Source information:
//! A seat that is divided among so many. Any number of shares is cut off by halves and joins.
#![tactic(auto)]

ghost use Rattle.std.specs.Prelude.{◌≡◌, ℕ, ◌+◌, ◌-◌, ◌*◌, ◌^◌, ◌<◌, ◌≤◌, [], ◌∷◌, length, map, replicate, All, vec_capacity, IfOk, IfErr};
ghost use Rattle.std.specs.List.{sum_by};
ghost use Rattle.hibitset_atomic.specs.Seats.{BelongsTo, IsKnown, weight_of, reports_of, loads_by, exchanges_by};
ghost use Rattle.hibitset_atomic.specs.Division.{IsEvenShare, KnowsAllOf};

use crate::shared::{Seat, SharedBitSet};
use std::alloc::Global;

// The share of one of so many seats: the weight by their number, rounded up.
fn share_of_one(weight: u32, seats: usize) -> u32
    requires nonzero { 0 < seats }
    requires enough_shares { seats ≤ weight }
    ensures up { weight ≤ seats * result }
    ensures share_max { seats * result < weight + seats }
{
    weight.div_ceil(seats as u32)
}

impl SharedBitSet {
    // Two seats of one: the second has so many of its shares, and the first has the others, with the reports.
    //
    // Each is a half, or a part of a half that is joined to the other half. So there are at most 15 joins, with a load
    // each.
    fn cut_off(&self, seat: Seat, shares: u32) -> (Seat, Seat)
        requires belongs { BelongsTo self.now seat }
        requires shares { (0 < shares) × (shares < weight_of seat) }
        ensures belongs { BelongsTo self.now result.0 × BelongsTo self.now result.1 }
        ensures weights { (weight_of result.0 ≡ weight_of seat - shares)
            × (weight_of result.1 ≡ shares) }
        ensures reports { (reports_of result.0 ≡ reports_of seat) × (reports_of result.1 ≡ []) }
        ensures known { (i : ℕ) → IsKnown seat i → IsKnown result.0 i × IsKnown result.1 i }
        ensures loads { (n : ℕ) → weight_of seat ≤ 2 ^ (n + 1)
            → (loads_by result.0 + loads_by result.1 ≤ loads_by seat + n)
            × (loads_by result.1 ≤ n) }
        ensures exchanges { (exchanges_by result.0 ≡ exchanges_by seat)
            × (exchanges_by result.1 ≡ 0) }
    {
        let (first, second) = self.divide(seat);
        let second = second.unwrap();
        let half = second.weight();
        if shares == half {
            (first, second)
        } else if shares < half {
            let (rest, cut) = self.cut_off(second, shares);
            (self.join(first, rest), cut)
        } else {
            let (kept, more) = self.cut_off(first, shares - half);
            (kept, self.join(more, second))
        }
    }

    // Puts the seats of one seat into a vector that has room for them.
    fn give_seats(&self, seat: Seat, n: usize, seats: &mut Vec<Seat>)
        requires belongs { BelongsTo self.now seat }
        requires nonzero { 0 < n }
        requires enough_shares { n ≤ weight_of seat }
        requires empty { seats.old.items ≡ [] }
        requires capacity { n ≤ vec_capacity seats.old }
        ensures number { length seats.new.items ≡ n }
        ensures belongs { All (BelongsTo self.now) seats.new.items }
        ensures even_shares { All (IsEvenShare (weight_of seat) n) seats.new.items }
        ensures shares { sum_by weight_of seats.new.items ≡ weight_of seat }
        ensures reports { map reports_of seats.new.items ≡ reports_of seat ∷ replicate (n - 1) [] }
        ensures known { All (KnowsAllOf seat) seats.new.items }
        ensures loads { All (λ s. loads_by s ≤ loads_by seat + 30) seats.new.items }
        ensures exchanges { map exchanges_by seats.new.items
            ≡ exchanges_by seat ∷ replicate (n - 1) 0 }
    {
        let mut rest = seat;
        'seats: for given in 0..n - 1 {
            let weight = rest.weight();
            let share = share_of_one(weight, n - given);
            let (next, others) = self.cut_off(rest, weight - share);
            seats.push(next).unwrap();
            rest = others;
        }
        seats.push(rest).unwrap();
    }

    /// Makes n seats of one, for as many threads: each has the weight of the one by their number, rounded down or up,
    /// and together they have all of it.
    ///
    /// The first has the reports and the exchanges, and the others have none; all know what the seat knew. Joined again
    /// they are a seat of the same weight, whole if that was.
    ///
    /// ```text
    /// let seats = shared.divide_among(alloc, seat, 4).ok()?;
    /// // four seats, one for each thread
    /// ```
    ///
    /// # Errors
    ///
    /// The allocation of the vector fails: the seat comes back unchanged.
    ///
    /// # Cost
    ///
    /// Each seat has the loads of the one and at most 30 more. It waits for no other thread.
    pub fn divide_among(&self, alloc: Global, seat: Seat, n: usize) -> Result<Vec<Seat>, Seat>
        requires belongs { BelongsTo self.now seat }
        requires nonzero { 0 < n }
        requires enough_shares { n ≤ weight_of seat }
        ensures value_returned { IfErr result (λ s. s ≡ seat) }
        ensures number { IfOk result (λ seats. length seats.items ≡ n) }
        ensures belongs { IfOk result (λ seats. All (BelongsTo self.now) seats.items) }
        ensures even_shares { IfOk result (λ seats. All (IsEvenShare (weight_of seat) n) seats.items) }
        ensures shares { IfOk result (λ seats. sum_by weight_of seats.items ≡ weight_of seat) }
        ensures reports { IfOk result (λ seats. map reports_of seats.items
            ≡ reports_of seat ∷ replicate (n - 1) []) }
        ensures known { IfOk result (λ seats. All (KnowsAllOf seat) seats.items) }
        ensures loads { IfOk result (λ seats. All (λ s. loads_by s ≤ loads_by seat + 30)
            seats.items) }
        ensures exchanges { IfOk result (λ seats. map exchanges_by seats.items
            ≡ exchanges_by seat ∷ replicate (n - 1) 0) }
    {
        let Ok(mut seats) = Vec::with_capacity(alloc, n) else {
            return Err(seat);
        };
        self.give_seats(seat, n, &mut seats);
        Ok(seats)
    }
}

Aim of the exercise: Keep both end lines and retype everything in the records above from the line containing "let half = second.weight();" through the line containing "room for them.", exactly, with nothing else.

Written reply:
        let half = second.weight();
        if shares == half {
            (first, second)
        } else if shares < half {
            let (rest, cut) = self.cut_off(second, shares);
            (self.join(first, rest), cut)
        } else {
            let (kept, more) = self.cut_off(first, shares - half);
            (kept, self.join(more, second))
        }
    }

    // Puts the seats of one seat into a vector that has room for them.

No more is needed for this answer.